Knight-Swift is set to report Q4 2025 results Jan. 21 with the Zacks consensus EPS estimate revised down 5.3% over 60 days to $0.36 (effectively flat year-over-year) and revenues penciled at $1.90 billion (+1.8% YoY). Segment estimates show truckload at $1.25B, LTL at $364.65M (+13.7% YoY), logistics at $163.53M (-2.7% YoY) and intermodal at $100.57M (+1.6% YoY); however, margin pressure from rising driver wages, equipment, maintenance and fuel costs and elevated leverage remain headwinds. The company missed Q3 consensus (adjusted EPS $0.32 vs. $0.38) and carries a negative Earnings ESP (-1.04%) with a Zacks Rank #3, indicating limited odds of an upside surprise absent cost improvement or stronger freight demand.

Analysis

Market structure: KNX’s setup favors asset-light and higher-margin players (UPS, CNI) at the expense of asset-heavy truckload operators due to weak freight demand and margin pressure from wage, maintenance and fuel costs.

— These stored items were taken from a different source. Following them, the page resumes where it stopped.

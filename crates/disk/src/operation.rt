// One step over the whole disk operation type of 001.
ghost use Rattle.std.specs.Prelude.{◌≡◌};
ghost use Rattle.laws.specs.Choice.{unless};
ghost use Rattle.disk.specs.Disk.{answered};
ghost use Rattle.disk.specs.Operation.{is_whole, touched_by, as_stepped, ask_decision, ask_operation, operation_next, operation_blocks, operation_marks, operation_out};
ghost use Rattle.disk.specs.Whole.{step, step_blocks, step_marks, step_out};

use super::{Disk, DiskStepped, JournalAcked, Touched};
use interval::JournalInterval;
use layout::Geometry;
use superblock::{DiskOp, JournalRead};

#[tactic(auto, unfolding(crate::specs::Operation::is_whole))]
fn is_whole(read: JournalRead) -> bool
    ensures { result ≡ is_whole read }
{
    match read {
        JournalRead::Whole => true,
        JournalRead::Damaged => false,
    }
}

#[tactic(auto, unfolding(crate::specs::Operation::touched_by))]
fn touched_by(op: DiskOp) -> Touched
    ensures { result ≡ touched_by op }
{
    match op {
        DiskOp::ReqReadSuperblock { .. } => Touched::Nothing,
        DiskOp::ReqReadJournal { .. } => Touched::Nothing,
        DiskOp::ReqWriteSuperblock { .. } => Touched::Nothing,
        DiskOp::ReqWriteJournal {
            id1,
            id2,
            start,
            blocks: len,
        } => {
            let interval = JournalInterval { start, len };
            Touched::Written { id1, id2, interval }
        }
        DiskOp::RespReadSuperblock { .. } => Touched::Nothing,
        DiskOp::RespReadJournal { id, journal } => Touched::Read { id, journal },
        DiskOp::RespWriteSuperblock { .. } => Touched::Nothing,
        DiskOp::RespWriteJournal { .. } => Touched::Nothing,
        DiskOp::NoDiskOp => Touched::Nothing,
    }
}

fn as_stepped(r: JournalAcked) -> DiskStepped
    ensures { result ≡ as_stepped r }
{
    let disk = r.disk;
    match r.answer {
        Ok(_) => disk.done(()),
        Err(no) => disk.refused(no),
    }
}

impl Disk {
    // The operation decided by value, after questions 1 and 2; no step by itself. It asks what can be asked without lent memory: of a journal
    // write not how many bytes are lent, of a read's whole answer not whether the blocks are readable.
    pub fn decide_asked(self, g: Geometry, op: DiskOp) -> DiskStepped
        ensures { result ≡ answered (ask_decision g self op) (operation_next g self op) self }
    {
        match op {
            DiskOp::ReqReadSuperblock { id, which } => self.recv_read_superblock_asked(which, id),
            DiskOp::ReqReadJournal { id, interval } => self.recv_read_journal_asked(
                g, id, interval,
            ),
            DiskOp::ReqWriteSuperblock {
                id,
                which,
                superblock,
            } => self.recv_write_superblock_asked(which, id, superblock),
            DiskOp::ReqWriteJournal {
                id1,
                id2,
                start,
                blocks: count,
            } => {
                let v = JournalInterval {
                    start: start,
                    len: count,
                };
                self.recv_write_journal_asked(g, id1, id2, v)
            }
            DiskOp::RespReadSuperblock {
                id,
                which,
                superblock,
            } => self.read_superblock_as(which, id, superblock),
            DiskOp::RespReadJournal { id, journal: _ } => self.read_journal_answered(id),
            DiskOp::RespWriteSuperblock { id, which } => self.ack_write_superblock_asked(which, id),
            DiskOp::RespWriteJournal { id } => self.ack_write_journal_asked(id),
            DiskOp::NoDiskOp => self.done(()),
        }
    }

    // The operation, after questions 1 and 2; no step by itself.
    fn operate(
        self,
        g: Geometry,
        op: DiskOp,
        new: &[u8],
        blocks: &mut [u8],
        marks: &mut [u8],
        out: &mut [u8],
    ) -> DiskStepped
        ensures value { result ≡ answered (ask_operation g self op new.now marks.old) (operation_next g self op) self }
        ensures blocks_after { blocks.new ≡ unless (ask_operation g self op new.now marks.old) blocks.old (operation_blocks op new.now blocks.old) }
        ensures marks_after { marks.new ≡ unless (ask_operation g self op new.now marks.old) marks.old (operation_marks op marks.old) }
        ensures out_after { out.new ≡ unless (ask_operation g self op new.now marks.old) out.old (operation_out self op blocks.old out.old) }
    {
        let t = touched_by(op);
        match t {
            Touched::Written { id1, id2, interval } => self.write_blocks(
                g, id1, id2, interval, new, blocks, marks,
            ),
            Touched::Read { id, journal: read } => {
                let whole = is_whole(read);
                let r = self.read_blocks(id, whole, blocks, marks, out);
                as_stepped(r)
            }
            Touched::Nothing => self.decide_asked(g, op),
        }
    }

    // One operation. A journal write's blocks are `new`; the blocks of a whole journal read go to the front of `out`.
    pub fn step(
        self,
        g: Geometry,
        op: DiskOp,
        new: &[u8],
        blocks: &mut [u8],
        marks: &mut [u8],
        out: &mut [u8],
    ) -> DiskStepped
        ensures value { result ≡ step g self op new.now blocks.old marks.old out.old }
        ensures blocks_after { blocks.new ≡ step_blocks g self op new.now blocks.old marks.old out.old }
        ensures marks_after { marks.new ≡ step_marks g self op new.now blocks.old marks.old out.old }
        ensures out_after { out.new ≡ step_out g self op new.now blocks.old marks.old out.old }
    {
        if let Err(no) = self.ask_with_buffer(g, blocks, marks, out) {
            return self.refused(no);
        }
        self.operate(g, op, new, blocks, marks, out)
    }
}
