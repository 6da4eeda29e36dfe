// What the disk does when it answers a request (001's AckRead and AckWrite), after questions 1 and 2. Each function decides by value and
// shared slices and asks the other questions; none is a step by itself.
ghost use Rattle.std.specs.Prelude.{◌≡◌};
ghost use Rattle.disk.specs.Disk.{answered, answered_with};
ghost use Rattle.requests.specs.Slots.{slot_at};
ghost use Rattle.requests.specs.Acknowledge.{read_from, ask_ack_read_superblock, ask_read_superblock_as, held_interval, ask_ack_read_journal, ask_ack_write_superblock, ask_ack_write_journal};
ghost use Rattle.disk.specs.Next.{ack_read_superblock_next, ack_read_journal_next, ack_write_superblock_next, ack_write_journal_next};

use super::{Disk, DiskStepped, JournalAcked, SuperblockAcked};
use requests::{
    ask_ack_read_journal, ask_ack_read_superblock, ask_ack_write_journal, ask_ack_write_superblock,
    ask_read_superblock_as, held_interval, interval_left, read_acked, read_from,
};
use superblock::Superblock;

impl Disk {
    pub fn ack_read_superblock_asked(mut self, which: u64, id: u64, whole: bool) -> SuperblockAcked
        ensures { result ≡ answered_with (ask_ack_read_superblock self.slots self.superblockReads which id whole) (read_from whole (slot_at self.slots which)) (ack_read_superblock_next self which id) self }
    {
        let slots = self.slots;
        let reads = self.superblockReads;
        if let Err(no) = ask_ack_read_superblock(slots, reads, which, id, whole) {
            return self.refused(no);
        }
        let slot = slots.at(which);
        let read = read_from(whole, slot);
        let next = read_acked(reads, which, id);
        self.superblockReads = next;
        self.done(read)
    }

    // What a read of the slot comes back with: whole, the slot's own superblock; or damaged.
    pub fn content(self, which: u64, whole: bool) -> Option<Superblock>
        ensures { result ≡ read_from whole (slot_at self.slots which) }
    {
        let slots = self.slots;
        let slot = slots.at(which);
        read_from(whole, slot)
    }

    // A superblock read's answer that comes with what was read.
    pub(crate) fn read_superblock_as(
        mut self,
        which: u64,
        id: u64,
        read: Option<Superblock>,
    ) -> DiskStepped
        ensures { result ≡ answered (ask_read_superblock_as self.slots self.superblockReads which id read) (ack_read_superblock_next self which id) self }
    {
        let slots = self.slots;
        let reads = self.superblockReads;
        if let Err(no) = ask_read_superblock_as(slots, reads, which, id, read) {
            return self.refused(no);
        }
        let next = read_acked(reads, which, id);
        self.superblockReads = next;
        self.done(())
    }

    // The interval of the read. Whoever calls copies its blocks, where the answer is whole.
    pub fn ack_read_journal_asked(mut self, id: u64, whole: bool, marks: &[u8]) -> JournalAcked
        ensures { result ≡ answered_with (ask_ack_read_journal self.journalReads id whole marks.now) (held_interval self.journalReads id) (ack_read_journal_next self id) self }
    {
        let table = self.journalReads;
        if let Err(no) = ask_ack_read_journal(table, id, whole, marks) {
            return self.refused(no);
        }
        let v = held_interval(table, id);
        let next = interval_left(table, id);
        self.journalReads = next;
        self.done(v)
    }

    // A journal read's answer, but for question 6, which is asked of the marks.
    pub(crate) fn read_journal_answered(mut self, id: u64) -> DiskStepped
        ensures { result ≡ answered (ask_ack_write_journal self.journalReads id) (ack_read_journal_next self id) self }
    {
        let table = self.journalReads;
        if let Err(no) = ask_ack_write_journal(table, id) {
            return self.refused(no);
        }
        let next = interval_left(table, id);
        self.journalReads = next;
        self.done(())
    }

    pub fn ack_write_superblock_asked(mut self, which: u64, id: u64) -> DiskStepped
        ensures { result ≡ answered (ask_ack_write_superblock self.slots self.superblockWrites which id) (ack_write_superblock_next self which) self }
    {
        let slots = self.slots;
        let writes = self.superblockWrites;
        if let Err(no) = ask_ack_write_superblock(slots, writes, which, id) {
            return self.refused(no);
        }
        let next = writes.put(which, None);
        self.superblockWrites = next;
        self.done(())
    }

    #[inline(always)]
    pub fn ack_write_journal_asked(mut self, id: u64) -> DiskStepped
        ensures { result ≡ answered (ask_ack_write_journal self.journalWrites id) (ack_write_journal_next self id) self }
    {
        let table = self.journalWrites;
        if let Err(no) = ask_ack_write_journal(table, id) {
            return self.refused(no);
        }
        let next = interval_left(table, id);
        self.journalWrites = next;
        self.done(())
    }
}
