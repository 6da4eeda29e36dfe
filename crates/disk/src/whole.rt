// The disk's operations, whole: questions 1 and 2, then the others, then the lent memory. A refusal hands the disk back and alters no lent
// byte.
ghost use Rattle.std.specs.Prelude.{◌≡◌};
ghost use Rattle.disk.specs.Whole.{recv_read_superblock, recv_read_journal, recv_write_superblock, recv_write_journal, recv_write_journal_blocks, recv_write_journal_marks, ack_read_superblock, ack_read_journal, ack_read_journal_out, ack_write_superblock, ack_write_journal, land};

use super::{Disk, DiskStepped, JournalAcked, SuperblockAcked};
use interval::JournalInterval;
use layout::Geometry;
use superblock::Superblock;

impl Disk {
    // A read of a superblock is received.
    pub fn recv_read_superblock(
        self,
        g: Geometry,
        which: u64,
        id: u64,
        blocks: &[u8],
        marks: &[u8],
    ) -> DiskStepped
        ensures { result ≡ recv_read_superblock g self which id blocks.now marks.now }
    {
        if let Err(no) = self.ask(g, blocks, marks) {
            return self.refused(no);
        }
        self.recv_read_superblock_asked(which, id)
    }

    // A read of journal blocks is received.
    pub fn recv_read_journal(
        self,
        g: Geometry,
        id: u64,
        v: JournalInterval,
        blocks: &[u8],
        marks: &[u8],
    ) -> DiskStepped
        ensures { result ≡ recv_read_journal g self id v blocks.now marks.now }
    {
        if let Err(no) = self.ask(g, blocks, marks) {
            return self.refused(no);
        }
        self.recv_read_journal_asked(g, id, v)
    }

    // A write of a superblock is received. It takes the place of an older one.
    pub fn recv_write_superblock(
        self,
        g: Geometry,
        which: u64,
        id: u64,
        superblock: Superblock,
        blocks: &[u8],
        marks: &[u8],
    ) -> DiskStepped
        ensures { result ≡ recv_write_superblock g self which id superblock blocks.now marks.now }
    {
        if let Err(no) = self.ask(g, blocks, marks) {
            return self.refused(no);
        }
        self.recv_write_superblock_asked(which, id, superblock)
    }

    // A write of journal blocks is received: `new`, any whole blocks, from block `start` on, going round. The blocks change now.
    pub fn recv_write_journal(
        self,
        g: Geometry,
        id1: u64,
        id2: Option<u64>,
        start: u64,
        new: &[u8],
        blocks: &mut [u8],
        marks: &mut [u8],
    ) -> DiskStepped
        ensures value { result ≡ recv_write_journal g self id1 id2 start new.now blocks.old marks.old }
        ensures blocks_after { blocks.new ≡ recv_write_journal_blocks g self id1 id2 start new.now blocks.old marks.old }
        ensures marks_after { marks.new ≡ recv_write_journal_marks g self id1 id2 start new.now blocks.old marks.old }
    {
        if let Err(no) = self.ask(g, blocks, marks) {
            return self.refused(no);
        }
        let v = JournalInterval {
            start: start,
            len: new.len() as u64 / Geometry::BLOCK_SIZE,
        };
        self.write_blocks(g, id1, id2, v, new, blocks, marks)
    }

    // A superblock read is answered, whole or damaged.
    pub fn ack_read_superblock(
        self,
        g: Geometry,
        which: u64,
        id: u64,
        whole: bool,
        blocks: &[u8],
        marks: &[u8],
    ) -> SuperblockAcked
        ensures { result ≡ ack_read_superblock g self which id whole blocks.now marks.now }
    {
        if let Err(no) = self.ask(g, blocks, marks) {
            return self.refused(no);
        }
        self.ack_read_superblock_asked(which, id, whole)
    }

    // A journal read is answered: whole, and its blocks lie at the front of `out`, or damaged.
    pub fn ack_read_journal(
        self,
        g: Geometry,
        id: u64,
        whole: bool,
        blocks: &[u8],
        marks: &[u8],
        out: &mut [u8],
    ) -> JournalAcked
        ensures value { result ≡ ack_read_journal g self id whole blocks.now marks.now out.old }
        ensures out_after { out.new ≡ ack_read_journal_out g self id whole blocks.now marks.now out.old }
    {
        if let Err(no) = self.ask_with_buffer(g, blocks, marks, out) {
            return self.refused(no);
        }
        self.read_blocks(id, whole, blocks, marks, out)
    }

    // A superblock write that has landed is answered.
    pub fn ack_write_superblock(
        self,
        g: Geometry,
        which: u64,
        id: u64,
        blocks: &[u8],
        marks: &[u8],
    ) -> DiskStepped
        ensures { result ≡ ack_write_superblock g self which id blocks.now marks.now }
    {
        if let Err(no) = self.ask(g, blocks, marks) {
            return self.refused(no);
        }
        self.ack_write_superblock_asked(which, id)
    }

    // A journal write is answered.
    pub fn ack_write_journal(self, g: Geometry, id: u64, blocks: &[u8], marks: &[u8]) -> DiskStepped
        ensures { result ≡ ack_write_journal g self id blocks.now marks.now }
    {
        if let Err(no) = self.ask(g, blocks, marks) {
            return self.refused(no);
        }
        self.ack_write_journal_asked(id)
    }

    // A superblock write in flight lands.
    pub fn land(self, g: Geometry, which: u64, blocks: &[u8], marks: &[u8]) -> DiskStepped
        ensures { result ≡ land g self which blocks.now marks.now }
    {
        if let Err(no) = self.ask(g, blocks, marks) {
            return self.refused(no);
        }
        self.land_asked(which)
    }
}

Zacks shows LTL revenue growth (consensus +13.7% Q4) and modest intermodal gains (+1.6%), implying share shift into LTL/intermodal and away from spot TL pricing; expect 100–300bp margin compression for heavy-asset carriers if demand stays tepid. Cross-asset: a KNX miss should widen HY and CDS spreads for transportation debt, raise implied equity vols (20–40% spike intra-day), and modestly lift WTI oil downside if freight activity slows further. Risk assessment: Immediate tail risk is an EPS miss on Jan 21 (>5% below consensus) that triggers a 5–15% equity gap down; medium risk is a sharp fuel or rate shock (Fed pivot or 50bp surprise) that re-rates net-debt/EBITDA multiples (>5.0x triggers covenant scrutiny). Hidden dependencies include used-truck values, lease terms and fuel-surcharge passthrough — each can flip profitability quickly. Key catalysts to monitor in 0–90 days: ISM PMIs, retail inventory data, KNX guidance and wage arbitration updates. Trade implications: Direct: establish a tactical 2–3% short KNX position ahead of Jan 21 or buy 90-day KNX puts ~5–10% OTM (cost limit: <2.5% of notional) to asymmetrically capture a miss scenario. Pair trade: long 2% UPS or CNI vs short 2% KNX to play share shift into parcel/rail; expect relative outperformance of 200–400bp over 3 months if KNX guidance weakens. Options: consider put spreads on KNX to cap premium or buy straddles if post-earnings vol crush is uncertain. Rotate 3–5% from TL ETFs into parcel/rail/3PL names over the next 2–8 weeks. Contrarian angles: The market may be underweight KNX’s ability to recover via fleet rationalization and fuel-surcharge mechanics — KNX beat estimates 3/4 prior quarters and could surprise on cost cuts; if management raises Q1 guide to >$0.45 or EPS beats by >5%, cover shorts and flip to a small long (1–2%). Historical parallel: post-2019 freight downturns saw sharp rebounds after utilization tightened; watch fleet utilization >92% or net-debt/EBITDA moving <4.5x as reversal triggers within 3–6 months.